Dün saatlerce sağanak halinde yağan yağmur şafak sökmeye başlarken bir anda durdu. Ne zaman uyuduğumu hatırlamıyorum, şiddetli yağmur sesini dinlerken uyuyakalmış olmalıyım. Uyuduğum süre içinde bir şeyler kaçırmışçasına telaşlıyım. Neyse ki çok da uyumadan uyandım. Sokaklar henüz boş, hiç ses yok, güneş yeni doğuyor. Bense inanılmaz bir boşluk içindeyim. Neden uyuyamadım? Bilmiyorum, tıpkı şu an neden uyandığımı ve ne yapacağımı bilmediğim gibi.


Zihnim olabildiğince açık. Her an işlemeye hazır olan makine gibi büyük bir iştahla bekliyor. Fakat yine de kendine meydan okurmuşçasına duru, tek bir kelime, tek bir hece bile geçmiyor aklımdan. Bu sessizliğin bozulması lazımdı, zorlama da olsa “yeni bir gün” diye mırıldandım. Aniden yüzüm düştü.


Elimi yüzümü yıkamak için gittiğim tuvalette, bir an kendimi göreceğim umuduyla aynaya baktım. Aynada yansıyan ışık gözümü aldı, şu lanet olası lambayı değiştirmek lazım artık. Sanki amacı odayı aydınlatmak değil de, aydınlatıyormuş gibi yapıp umut vermek!

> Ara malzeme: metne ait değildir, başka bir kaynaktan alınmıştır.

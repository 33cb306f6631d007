//! Doing a job with any reader and writers.
ghost use Rattle.std.specs.Prelude.{◌≡◌, ◌≤◌, ◌⊎◌, ℕ, IfOk, IfErr, IsErr, Option, Some, List, ◌≢◌};
ghost use Rattle.program_arguments.specs.declared.job.Job.{Job};
ghost use Rattle.program_jobs.specs.Failing.{IsReadFailure, IsRecordingFailure, IsRefusal};
ghost use Rattle.program_jobs.specs.Output.{Acted, ChecksAs, IsChecked, IsDone, IsHinted};
ghost use Rattle.program_jobs.specs.Output.{IsInspected, IsRefused, IsTraced, ReadsFile, Streams};
ghost use Rattle.program_jobs.specs.Texts.{IsFileRead, Source, sources_of};
ghost use Rattle.wl_recording.specs.Text.{IsFirstBad};

use crate::failure::Failure;
use crate::finding::{lacking_of, status_by, write_finding};
use crate::hint::{hint_on, requests_of};
use crate::inspecting::inspect;
use crate::streaming::{Stream, judge};
use crate::tables::{TablesFile, load_tables};
use crate::verdict::{status_of, write_broken};
use program_arguments::{Job, status};
use program_demo::demo;
use program_stream::{write_through, write_whole};
use std::alloc::{Allocator, Global};
use std::io::{ErrorKind, Read, Write};
use wl_check::{check_text, trace_text, write_verdict};
use wl_message::Limit;
use wl_recording::Recording;
use wl_sigs::Tables;

/// The most bytes of a file.
const MAX_FILE_BYTES: u64 = 16_777_216;

/// The destinations of a job's output.
#[derive(Drop)]
pub struct Writers<O, E> {
    /// For what the job prints.
    pub out: O,
    /// For failures and faults of usage.
    pub err: E,
}

/// All that a job prints, and its exit status.
#[derive(Debug, Drop)]
pub(crate) struct Printed<A: Allocator> {
    pub(crate) text: Vec<u8, A>,
    /// A line for standard error after it, or nothing.
    pub(crate) hint: Vec<u8, A>,
    pub(crate) status: u8,
    ghost known: { status ≤ 1 },
}

/// All that the reader returns, at most `MAX_FILE_BYTES`. One byte more is read to check that.
pub(crate) fn contents<'a, A: Allocator, R: Read>(
    alloc: A,
    name: &'a str,
    file: &mut R,
) -> Result<Vec<u8, A>, Failure<'a>>
    ensures whole { IfOk result (λ bytes. IsFileRead (R.remaining file.old) bytes.items) }
    ensures refused { IfErr result (IsReadFailure name.entry.now (R.remaining file.old)) }
{
    let mut bytes = Vec::new(alloc);
    match file.take(MAX_FILE_BYTES + 1).read_to_end(&mut bytes) {
        Ok(_) if bytes.len() as u64 <= MAX_FILE_BYTES => Ok(bytes),
        Ok(_) => Err(Failure::TooLong),
        Err(error) => match error.kind() {
            ErrorKind::OutOfMemory => Err(Failure::Memory),
            _ => Err(Failure::CannotRead(name)),
        },
    }
}

/// The whole of a recording that is no stream.
fn recording<'a, A: Allocator, R: Read>(
    alloc: A,
    name: &'a str,
    file: &mut R,
) -> Result<Vec<u8, A>, Failure<'a>>
    ensures whole { IfOk result (λ bytes. IsFileRead (R.remaining file.old) bytes.items) }
    ensures refused { IfErr result (IsRecordingFailure name.entry.now (R.remaining file.old)) }
{
    match contents(alloc, name, file) {
        Ok(bytes) => Ok(bytes),
        Err(Failure::TooLong) => Err(Failure::LongRecording),
        Err(failure) => Err(failure),
    }
}

/// The line of the verdict on a recording, or of that of `waywire-inspect`.
fn checked<'a, A: Allocator>(
    alloc: &'a A,
    global: Global,
    inspects: bool,
    tables: &Tables,
    limit: Limit,
    text: &[u8],
) -> Result<Printed<&'a A>, Failure<'static>>
    ensures line { IfOk result (λ o. ChecksAs inspects limit.bytes tables.now text.now o.text.items
        o.hint.items o.status) }
    ensures refused { IfErr result (IsRefusal text.now) }
    ensures bad { (n : ℕ) → IsFirstBad text.now n → IsErr result }
{
    if inspects {
        inspected(alloc, global, tables, limit, text)
    } else {
        judged(alloc, tables, limit, text)
    }
}

/// The line of the verdict on a recording.
fn judged<'a, A: Allocator>(
    alloc: &'a A,
    tables: &Tables,
    limit: Limit,
    text: &[u8],
) -> Result<Printed<&'a A>, Failure<'static>>
    ensures line { IfOk result (λ o. IsChecked limit.bytes tables.now text.now o.text.items
        o.hint.items o.status) }
    ensures refused { IfErr result (IsRefusal text.now) }
    ensures bad { (n : ℕ) → IsFirstBad text.now n → IsErr result }
{
    let verdict = check_text(alloc, text, tables, limit)?;
    let hint = hint_on(alloc, tables, text, &verdict)?;
    let mut text = Vec::new(alloc);
    write_verdict(&mut text, &verdict)?;
    Ok(Printed {
        text,
        hint,
        status: status_of(&verdict),
    })
}

/// The line of the verdict of `waywire-inspect` on a recording.
fn inspected<'a, A: Allocator>(
    alloc: &'a A,
    global: Global,
    tables: &Tables,
    limit: Limit,
    text: &[u8],
) -> Result<Printed<&'a A>, Failure<'static>>
    ensures line { IfOk result (λ o. IsInspected limit.bytes tables.now text.now o.text.items
        o.hint.items o.status) }
    ensures refused { IfErr result (IsRefusal text.now) }
    ensures bad { (n : ℕ) → IsFirstBad text.now n → IsErr result }
{
    let recording = Recording::parse(global, text)?;
    let (verdict, noted) = inspect(global, tables, limit, &recording)?;
    let requests = requests_of(alloc, &recording)?;
    let lacking = lacking_of(tables, &requests, noted.is_announced, &verdict);
    let mut line = Vec::new(alloc);
    write_finding(&mut line, &lacking, &verdict, &noted)?;
    Ok(Printed {
        text: line,
        hint: Vec::new(alloc),
        status: status_by(&lacking, &verdict, &noted),
    })
}

/// The lines of a recording's messages, followed by the verdict's line if a rule is broken.
fn traced<'a, A: Allocator>(
    alloc: &'a A,
    tables: &Tables,
    limit: Limit,
    text: &[u8],
) -> Result<Printed<&'a A>, Failure<'static>>
    ensures lines { IfOk result (λ o. IsTraced limit.bytes tables.now text.now o.text.items
        o.hint.items o.status) }
    ensures refused { IfErr result (IsRefusal text.now) }
    ensures bad { (n : ℕ) → IsFirstBad text.now n → IsErr result }
{
    let (mut lines, verdict) = trace_text(alloc, text, tables, limit)?;
    let hint = hint_on(alloc, tables, text, &verdict)?;
    write_broken(&mut lines, &verdict)?;
    Ok(Printed {
        text: lines,
        hint,
        status: status_of(&verdict),
    })
}

/// What the job prints.
fn output<'a, 'b, A: Allocator, T: Read + Drop, R: Read>(
    alloc: &'a A,
    global: Global,
    job: &'b Job,
    tables: Vec<TablesFile<'b, T>>,
    file: &mut R,
) -> Result<Printed<&'a A>, Failure<'b>>
    requires { Streams job.now → ⊥ }
    ensures done { IfOk result (λ o. IsDone job.now (sources_of T.remaining tables.entry.items)
        (R.remaining file.old) o.text.items o.hint.items o.status) }
    ensures refused { IfErr result (IsRefused job.now (sources_of T.remaining tables.entry.items)
        (R.remaining file.old)) }
    ensures bad { (text : List ℕ) (n : ℕ) → R.remaining file.old ≡ Some text → IsFirstBad text n
        → ReadsFile job.now → IsErr result }
{
    match job {
        Job::Trace {
            tables: names,
            limit,
            file: name,
        } => {
            let tables = load_tables(alloc, global, names.as_slice(), tables)?;
            let text = recording(alloc, name.as_str(), file)?;
            traced(alloc, &tables, *limit, &text)
        }
        Job::Check {
            inspects,
            tables: names,
            limit,
            file: name,
        } => {
            let tables = load_tables(alloc, global, names.as_slice(), tables)?;
            let text = recording(alloc, name.as_str(), file)?;
            checked(alloc, global, *inspects, &tables, *limit, &text)
        }
        Job::Demo { piece } => {
            let text = demo(alloc, &Tables::core(global)?, *piece)?;
            Ok(Printed {
                text,
                hint: Vec::new(alloc),
                status: status::SUCCESS,
            })
        }
        Job::Socket { .. } | Job::Stream { .. } => Err(Failure::SocketFailed),
    }
}

/// Writes a hint to `err` (standard error), if there is one. If `err` fails, nothing more is
/// written.
fn say<E: Write>(err: &mut E, hint: &[u8])
    ensures { IsHinted E.contents hint.now err.old err.new }
{
    if !hint.is_empty() {
        let _ = write_whole(err, hint);
    }
}

/// Writes what a job prints to `out` and then its hint to `err`, or its failure to `err`. Returns
/// the exit status.
pub(crate) fn finish<A: Allocator, O: Write, E: Write>(
    output: Result<Printed<A>, Failure<'_>>,
    writers: &mut Writers<O, E>,
) -> u8
    ensures acted { (job : Job) (tables : List Source) (known : Option (List ℕ))
        → IfOk output.entry (λ o. IsDone job tables known o.text.items o.hint.items o.status)
        → IfErr output.entry (IsRefused job tables known)
        → Acted O.contents E.contents job tables known writers.old.out writers.new.out
        writers.old.err writers.new.err result }
    ensures refused { IsErr output.entry
        → ((result ≡ 3) ⊎ (result ≡ 4))
        × (O.contents writers.new.out ≡ O.contents writers.old.out) }
    ensures unwritten { result ≡ 4
        → O.contents writers.new.out ≡ O.contents writers.old.out }
    ensures statuses { (result ≤ 4) × (result ≢ 2) }
{
    match output {
        Ok(output) => match write_through(&mut writers.out, &output.text) {
            Ok(()) => {
                say(&mut writers.err, &output.hint);
                output.status
            }
            Err(_) => Failure::CannotWrite.report(&mut writers.err),
        },
        Err(failure) => failure.report(&mut writers.err),
    }
}

/// Does the job and returns the exit status: 0 or 1 if `out` has taken the whole output (1 if a
/// rule is broken); else the status of a `Failure`, whose line goes to `err`.
///
/// Nothing is written to `out` before the whole output is complete, except for the lines of a
/// stream. `tables` are the files with the job's table texts, and `file` has its recording, if it
/// reads these, the tables first. At most 16,777,217 bytes of each are read, and a stream to its
/// end. The signature tables are allocated in the global memory.
pub fn act<A: Allocator, T: Read + Drop, R: Read, O: Write, E: Write>(
    alloc: A,
    global: Global,
    job: &Job,
    tables: Vec<TablesFile<'_, T>>,
    file: &mut R,
    writers: &mut Writers<O, E>,
) -> u8
    // The output was written whole, and at most a hint to `err` (0 for a lawful session or a
    // demonstration, 1 for a broken session); or no output was written; or writing it failed, and
    // only a front part was written. In the last two cases the failure's line went to `err`. Of a
    // stream that ended early, the lines of the session so far were written.
    ensures acted { Acted O.contents E.contents job.now
        (sources_of T.remaining tables.entry.items) (R.remaining file.old) writers.old.out
        writers.new.out writers.old.err writers.new.err result }
    // A recording with a bad line is refused, if the job reads one. A stream may have printed the
    // lines before it.
    ensures bad { (text : List ℕ) (n : ℕ) → R.remaining file.old ≡ Some text → IsFirstBad text n
        → ReadsFile job.now
        → ((result ≡ 3) ⊎ (result ≡ 4))
        × (O.contents writers.new.out ≡ O.contents writers.old.out) }
    ensures bad_stream { (text : List ℕ) (n : ℕ) → R.remaining file.old ≡ Some text
        → IsFirstBad text n → Streams job.now → (result ≡ 3) ⊎ (result ≡ 4) }
    ensures unwritten { (Streams job.now → ⊥) → result ≡ 4
        → O.contents writers.new.out ≡ O.contents writers.old.out }
    ensures statuses { (result ≤ 4) × (result ≢ 2) }
{
    match job {
        Job::Stream {
            prints_lines,
            tables: names,
            limit,
            file: name,
        } => {
            let stream = Stream {
                prints_lines: *prints_lines,
                names: names.as_slice(),
                limit: *limit,
                name: name.as_str(),
            };
            judge(&alloc, global, &stream, tables, file, writers)
        }
        _ => finish(output(&alloc, global, job, tables, file), writers),
    }
}
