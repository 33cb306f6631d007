//! What a command does with a verdict.
ghost use Rattle.std.specs.Prelude.{◌≡◌, ◌≤◌, ◌++◌, OnOk};
ghost use Rattle.program_jobs.specs.Verdict.{last_line, verdict_status};

use program_arguments::status;
use std::alloc::{AllocError, Allocator};
use wl_check::{Verdict, write_verdict};

/// Appends the line of a verdict if a rule is broken, otherwise nothing.
pub fn write_broken<A: Allocator>(out: &mut Vec<u8, A>, verdict: &Verdict) -> Result<(), AllocError>
    ensures { OnOk result (out.new.items ≡ out.old.items ++ last_line verdict.now) }
{
    match verdict {
        Verdict::Lawful { .. } => Ok(()),
        Verdict::Broken { .. } => write_verdict(out, verdict),
    }
}

/// The exit status: 0 for a lawful session, 1 for a broken one.
pub fn status_of(verdict: &Verdict) -> u8
    ensures status { result ≡ verdict_status verdict.now }
    ensures known { result ≤ 1 }
{
    match verdict {
        Verdict::Lawful { .. } => status::SUCCESS,
        Verdict::Broken { .. } => status::BROKEN_SESSION,
    }
}
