//! The table texts of a folder.
use std::alloc::AllocError;

/// The end of the name of a table text.
const ENDING: &str = ".tables";

/// The paths that end in `.tables`, in the order of their bytes.
pub fn texts_among(paths: Vec<String>) -> Result<Vec<String>, AllocError> {
    let mut texts = paths;
    texts.retain(|path| path.as_str().ends_with(ENDING));
    texts.sort()?;
    Ok(texts)
}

Cama bir yumruk attı ve kırdı. Yere düşen büyükçe bir cam parçasıyla önce hızlı hızlı küçük kesikler attı kendine, sonraysa büyük bir şiddetle bileklerini hedef aldı. Baktığı ayna inatla ona kendini göstermiyordu, artık kana bulanmıştı çünkü. Işığın yansımasıyla parlayan kanı izledi. Zihni açık değildi artık, aklından tek bir kelime, tek bir hece dahi geçmiyordu.